[Start of Attachment]

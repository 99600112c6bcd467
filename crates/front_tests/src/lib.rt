//! Tests of the crates of the front end that need a text to work on: they stand above the lexer and all parsers, so that
//! each is called with what a user writes. The crates themselves are proved; rows of what they accept and refuse stand in
//! the repository's sentences and cases, which run through the program.
#![tactic(auto)]

#[cfg(test)]
mod designs;
#[cfg(test)]
mod fronts;
#[cfg(test)]
mod macros;
#[cfg(test)]
mod terms;
#[cfg(test)]
mod tokens;
#[cfg(test)]
mod trees;
#[cfg(test)]
mod values;
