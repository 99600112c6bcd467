//! Types and values of expressions and targets that stand in a text. The name with number 0 is a signed constant of 4 bits
//! with the value -1, the one with number 1 a signed variable of 16 bits, and no other name is declared.

use parse_expr::{Source, expr, lvalue};
use scope_table::ScopeTable;
use std::alloc::Global;
use std::test::Fail;
use sv_expr::{
    Declared, Denoted, Fixed, ScopeView, WalkFault, const_value, expr_type, lvalue_type, own_value,
};
use sv_lex::lex;
use sv_tree::{Expr, Lvalue, NameId, Names};
use vs_base::{Bits, Origin, ValueType};

/// What is asked of a text.
#[derive(Clone, Copy)]
enum Ask {
    Type,
    /// The value in a context of 8 bits with its own sign.
    Value,
    Own,
    Target,
}

/// What is answered: a width and whether there is a sign, a value, or the column of a fault.
#[derive(Clone, Copy, Debug, PartialEq, Eq)]
enum Answer {
    Type(u32, bool),
    Value(u128),
    Own(i64),
    TooWide(u32),
    BadRange(u32),
    NotRead,
}

fn refused(fault: WalkFault) -> Answer {
    match fault {
        WalkFault::TooWide(at) => Answer::TooWide(at.col),
        WalkFault::BadRange(at) => Answer::BadRange(at.col),
    }
}

fn type_of(found: Result<ValueType, WalkFault>) -> Answer {
    match found {
        Ok(kind) => Answer::Type(kind.width, kind.signed),
        Err(fault) => refused(fault),
    }
}

fn value_of(scope: &ScopeView<'_>, tree: &Expr) -> Answer {
    let signed = match expr_type(scope, tree) {
        Ok(kind) => kind.signed,
        Err(fault) => return refused(fault),
    };
    match const_value(scope, tree, ValueType { width: 8, signed }) {
        Ok(value) => Answer::Value(value.value()),
        Err(fault) => refused(fault),
    }
}

fn own_of(scope: &ScopeView<'_>, tree: &Expr) -> Answer {
    match own_value(scope, tree) {
        Ok(value) => Answer::Own(value.nearest()),
        Err(fault) => refused(fault),
    }
}

fn told(scope: &ScopeView<'_>, tree: &Expr, ask: Ask) -> Answer {
    match ask {
        Ask::Value => value_of(scope, tree),
        Ask::Own => own_of(scope, tree),
        _ => type_of(expr_type(scope, tree)),
    }
}

fn told_of_expr(source: &Source<'_>, scope: &ScopeView<'_>, ask: Ask) -> Answer {
    let mut at = 0;
    match expr(source, &mut at, 0) {
        Ok(tree) => told(scope, &tree, ask),
        Err(_) => Answer::NotRead,
    }
}

fn told_of_target(source: &Source<'_>, scope: &ScopeView<'_>) -> Answer {
    let mut at = 0;
    match lvalue(source, &mut at, 0) {
        Ok(tree) => type_of(lvalue_type(scope, &tree)),
        Err(_) => Answer::NotRead,
    }
}

fn declared(alloc: Global) -> Result<ScopeTable<Denoted>, Fail> {
    let constant = Fixed {
        kind: ValueType {
            width: 4,
            signed: true,
        },
        value: Bits::new(4, 0xf),
    };
    let variable = Declared {
        kind: ValueType {
            width: 16,
            signed: true,
        },
        item: 0,
    };
    let mut table = ScopeTable::new(alloc, 2, Denoted::Nothing)?;
    table.declare(NameId(0), Denoted::Constant(constant))?;
    table.declare(NameId(1), Denoted::Variable(variable))?;
    Ok(table)
}

/// The names of which the first two are `P` and `v`.
fn two_names(alloc: Global) -> Result<Names, Fail> {
    let mut names = Names::new(alloc)?;
    let _ = names.intern(alloc, b"P")?;
    let _ = names.intern(alloc, b"v")?;
    Ok(names)
}

fn asked(alloc: Global, text: &str, ask: Ask) -> Result<Answer, Fail> {
    if text.len() > 1000 {
        return Ok(Answer::NotRead);
    }
    let mut names = two_names(alloc)?;
    let Ok(tokens) = lex(alloc, 0, text.as_bytes(), &mut names) else {
        return Ok(Answer::NotRead);
    };
    let Ok(source) = Source::new(alloc, tokens.as_slice(), &names) else {
        return Ok(Answer::NotRead);
    };
    let table = declared(alloc)?;
    let scope = ScopeView {
        names: &names,
        table: &table,
    };
    match ask {
        Ask::Target => Ok(told_of_target(&source, &scope)),
        _ => Ok(told_of_expr(&source, &scope, ask)),
    }
}

#[test]
fn types_and_values_are_those_of_the_standard(rt: HostRuntime) -> Result<(), Fail> {
    let table = [
        (Ask::Type, "P + 4'hf", Answer::Type(4, false)),
        (Ask::Type, "3'b101 >>> 1", Answer::Type(3, false)),
        (Ask::Type, "P ? 3'sb101 : v", Answer::Type(16, true)),
        (Ask::Type, "{0{3'b1}}", Answer::BadRange(1)),
        (Ask::Value, "4'hf + 4'h1", Answer::Value(0x10)),
        (Ask::Value, "P", Answer::Value(0xff)),
        (Ask::Value, "{2{3'b101}}", Answer::Value(0x2d)),
        (Ask::Value, "$clog2(9) - 4 - 3", Answer::Value(0xfd)),
        (Ask::Value, "5 % 0", Answer::Value(0)),
        (Ask::Value, "3'sb101 >>> 1", Answer::Value(0xfe)),
        (Ask::Value, "$signed('1)", Answer::Value(0xff)),
        (Ask::Value, "9 - 4 - 3", Answer::Value(2)),
        (Ask::Value, "3 > 2 > 1", Answer::Value(0)),
        (Ask::Value, "3 && 2 && 0", Answer::Value(0)),
        (Ask::Value, "0 || 2 || 0", Answer::Value(1)),
        (Ask::Value, "~&3'b101 ? 3'sb101 : 8'h0", Answer::Value(5)),
        (Ask::Value, "{43{3'b1}}", Answer::TooWide(1)),
        (Ask::Value, "{0{200'b1}}", Answer::TooWide(4)),
        (Ask::Own, "-7 / 2", Answer::Own(-3)),
        (Ask::Own, "-8'sd128 / -8'sd1", Answer::Own(-128)),
        (
            Ask::Type,
            "v[128'h8000_0000_0000_0000_0000_0000_0000_0003:128'h8000_0000_0000_0000_0000_0000_0000_0000]",
            Answer::Type(4, false),
        ),
        (
            Ask::Type,
            "v[128'hffff_ffff_ffff_ffff_ffff_ffff_ffff_ffff:-1]",
            Answer::TooWide(2),
        ),
        (
            Ask::Type,
            "v[0:128'h8000_0000_0000_0000_0000_0000_0000_0000]",
            Answer::BadRange(2),
        ),
        (Ask::Type, "{128{1'b1}}", Answer::Type(128, false)),
        (
            Ask::Type,
            "{128'h1_0000_0000_0000_0001{1'b1}}",
            Answer::TooWide(1),
        ),
        (
            Ask::Own,
            "$signed(128'hffff_ffff_ffff_ffff_ffff_ffff_ffff_fffe) / 2",
            Answer::Own(-1),
        ),
        (
            Ask::Target,
            "{v, v, v, v, v, v, v, v}",
            Answer::Type(128, false),
        ),
        (
            Ask::Target,
            "{v, v, v, v, v, v, v, v, v}",
            Answer::TooWide(1),
        ),
    ];
    for (ask, text, want) in table {
        assert_eq!(rt; asked(rt.alloc(), text, ask)?, want, "{text}");
    }
    Ok(())
}
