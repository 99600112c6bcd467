//! What is left of the tokens of files after the directives.

ghost use Rattle.std.specs.Prelude.{◌<◌, length, map, IfOk};
ghost use Rattle.sv_tree.specs.Names.{Grows};
ghost use Rattle.sv_tree.specs.Tokens.{AreNamed};
ghost use Rattle.sv_pp.specs.Answer.{AllNamed};

use std::alloc::Global;
use sv_lex::lex;
use sv_pp::{
    PpFault, Role, conditional, one_answer, plain_files, preprocess, preprocess_up_to, role_of,
    tokens_or_fault,
};
use sv_tree::{Names, Token};
use vs_base::Origin;

/// The tokens of a file in which the lexer finds no fault.
fn lexed(alloc: Global, file: u32, bytes: &[u8], names: &mut Names) -> Result<Vec<Token>, PpFault>
    ensures grows { Grows names.old names.new }
    ensures named { IfOk result (λ tokens. AreNamed names.new tokens.items) }
{
    if bytes.len() > 100_000 {
        return Err(PpFault::TooMany);
    }
    match lex(alloc, file, bytes, names) {
        Ok(tokens) => Ok(tokens),
        Err(_) => Err(PpFault::NoMemory),
    }
}

/// The tokens of two files.
fn both(
    alloc: Global,
    first: &[u8],
    second: &[u8],
    names: &mut Names,
) -> Result<Vec<Vec<Token>>, PpFault>
    ensures { IfOk result (λ files. AllNamed names.new (map (λ file. file.items) files.items)) }
{
    let first = match lexed(alloc, 0, first, names) {
        Ok(tokens) => tokens,
        Err(fault) => return Err(fault),
    };
    let second = match lexed(alloc, 1, second, names) {
        Ok(tokens) => tokens,
        Err(fault) => return Err(fault),
    };
    let Ok(files) = Vec::from_array(alloc, [first, second]) else {
        return Err(PpFault::NoMemory);
    };
    Ok(files)
}

#[test]
fn files_share_their_macros(rt: HostRuntime) -> Result<(), PpFault> {
    let alloc = rt.alloc();
    let Ok(mut names) = Names::new(alloc) else {
        return Err(PpFault::NoMemory);
    };
    let files = both(
        alloc,
        b"`define A + ;\na",
        b"`ifdef A `A `endif",
        &mut names,
    )?;
    let tokens = preprocess(alloc, &files, &names)?;
    assert_eq!(rt; tokens.len(), 3);
    let at = Origin {
        file: 1,
        line: 1,
        col: 10,
    };
    assert_eq!(rt; tokens[2].at, at);
    // 4 of the definition, 1 name, 2 of the branch, 3 of the use, 1 end
    assert!(rt; preprocess_up_to(alloc, &files, &names, 11).is_ok());
    let fewer = preprocess_up_to(alloc, &files, &names, 10);
    assert!(rt; matches!(fewer, Err(PpFault::TooMany)));
    Ok(())
}

#[test]
fn directives_have_their_names(rt: HostRuntime) {
    assert_eq!(rt; role_of(b"ifdef"), Role::Ifdef);
    assert_eq!(rt; role_of(b"elsif"), Role::Refused);
    assert_eq!(rt; role_of(b"pragma"), Role::Use);
    tokens_or_fault();
    one_answer();
    plain_files();
    conditional();
}
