//! Whole numbers of more than a word.

ghost use Rattle.std.specs.Prelude.{◌≡◌, ◌≤◌, ℤ, true, pos, int_lt, nat_abs, ◌-ℤ◌};
ghost use Rattle.vs_base.specs.Number.{reading};
ghost use Rattle.vs_base.specs.WholeNumber.{with_sign, nearest, in_word};

use super::Bits;
use std::marker::Model;

/// A whole number from -(2^128 - 1) to 2^128 - 1: what a value reads, with or without a sign.
#[derive(Clone, Copy, Debug, PartialEq, Eq)]
pub struct Whole {
    negative: bool,
    magnitude: u128,
}

impl Model for Whole {
    ghost Value = { ℤ };

    ghost view = { λ w. with_sign w.negative w.magnitude };

    ghost invariant = { λ w. w.negative ≡ true → 1 ≤ w.magnitude };

    ghost inverse = { λ z. record { negative = int_lt z (pos 0); magnitude = nat_abs z } };
}

impl Whole {
    /// The number that a value reads, with a sign where `signed` holds.
    pub fn of(value: Bits, signed: bool) -> Whole
        ensures { result ≡ reading signed value }
    {
        if signed {
            let number = value.signed_of();
            return Whole {
                negative: number < 0,
                magnitude: number.unsigned_abs(),
            };
        }
        Whole {
            negative: false,
            magnitude: value.value(),
        }
    }

    /// Whether the first of two numbers is less.
    pub fn less(self, right: Whole) -> bool
        ensures { result ≡ int_lt self right }
    {
        if self.negative != right.negative {
            return self.negative;
        }
        if self.negative {
            return right.magnitude < self.magnitude;
        }
        self.magnitude < right.magnitude
    }

    /// The number, where it is from -2^63 to 2^63 - 1.
    pub fn in_word(self) -> Option<i64>
        ensures { result ≡ in_word self }
    {
        signed_word(self.negative, self.magnitude)
    }

    /// The difference, and where it is not from -2^63 to 2^63 - 1, the nearest number that is.
    pub fn minus(self, right: Whole) -> i64
        ensures { result ≡ nearest (self -ℤ right) }
    {
        if self.negative != right.negative {
            return nearest(
                self.negative,
                self.magnitude.saturating_add(right.magnitude),
            );
        }
        if self.magnitude < right.magnitude {
            return nearest(!self.negative, right.magnitude - self.magnitude);
        }
        nearest(self.negative, self.magnitude - right.magnitude)
    }

    /// The number, and where it is not from -2^63 to 2^63 - 1, the nearest number that is.
    pub fn nearest(self) -> i64
        ensures { result ≡ nearest self }
    {
        nearest(self.negative, self.magnitude)
    }
}

// A number of a sign and a magnitude, where it is one of 64 bits with a sign.
fn signed_word(negative: bool, magnitude: u128) -> Option<i64>
    ensures { result ≡ in_word (with_sign negative magnitude) }
{
    if negative {
        if magnitude > 1 << 63 {
            return None;
        }
        return Some((-(magnitude as i128)) as i64);
    }
    if magnitude >= 1 << 63 {
        return None;
    }
    Some(magnitude as i64)
}

// The number of 64 bits with a sign that is nearest to one of a sign and a magnitude.
fn nearest(negative: bool, magnitude: u128) -> i64
    ensures { result ≡ nearest (with_sign negative magnitude) }
{
    match signed_word(negative, magnitude) {
        Some(number) => number,
        None => { if negative { i64::MIN } else { i64::MAX } }
    }
}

[End of Attachment]

• EXERCISE PROMPT:
Pick from the records each line that contains the word "AreNamed" and show it.

• SOLVED PROBLEM:
ghost use Rattle.sv_tree.specs.Tokens.{AreNamed};
    ensures named { IfOk result (λ tokens. AreNamed names.new tokens.items) }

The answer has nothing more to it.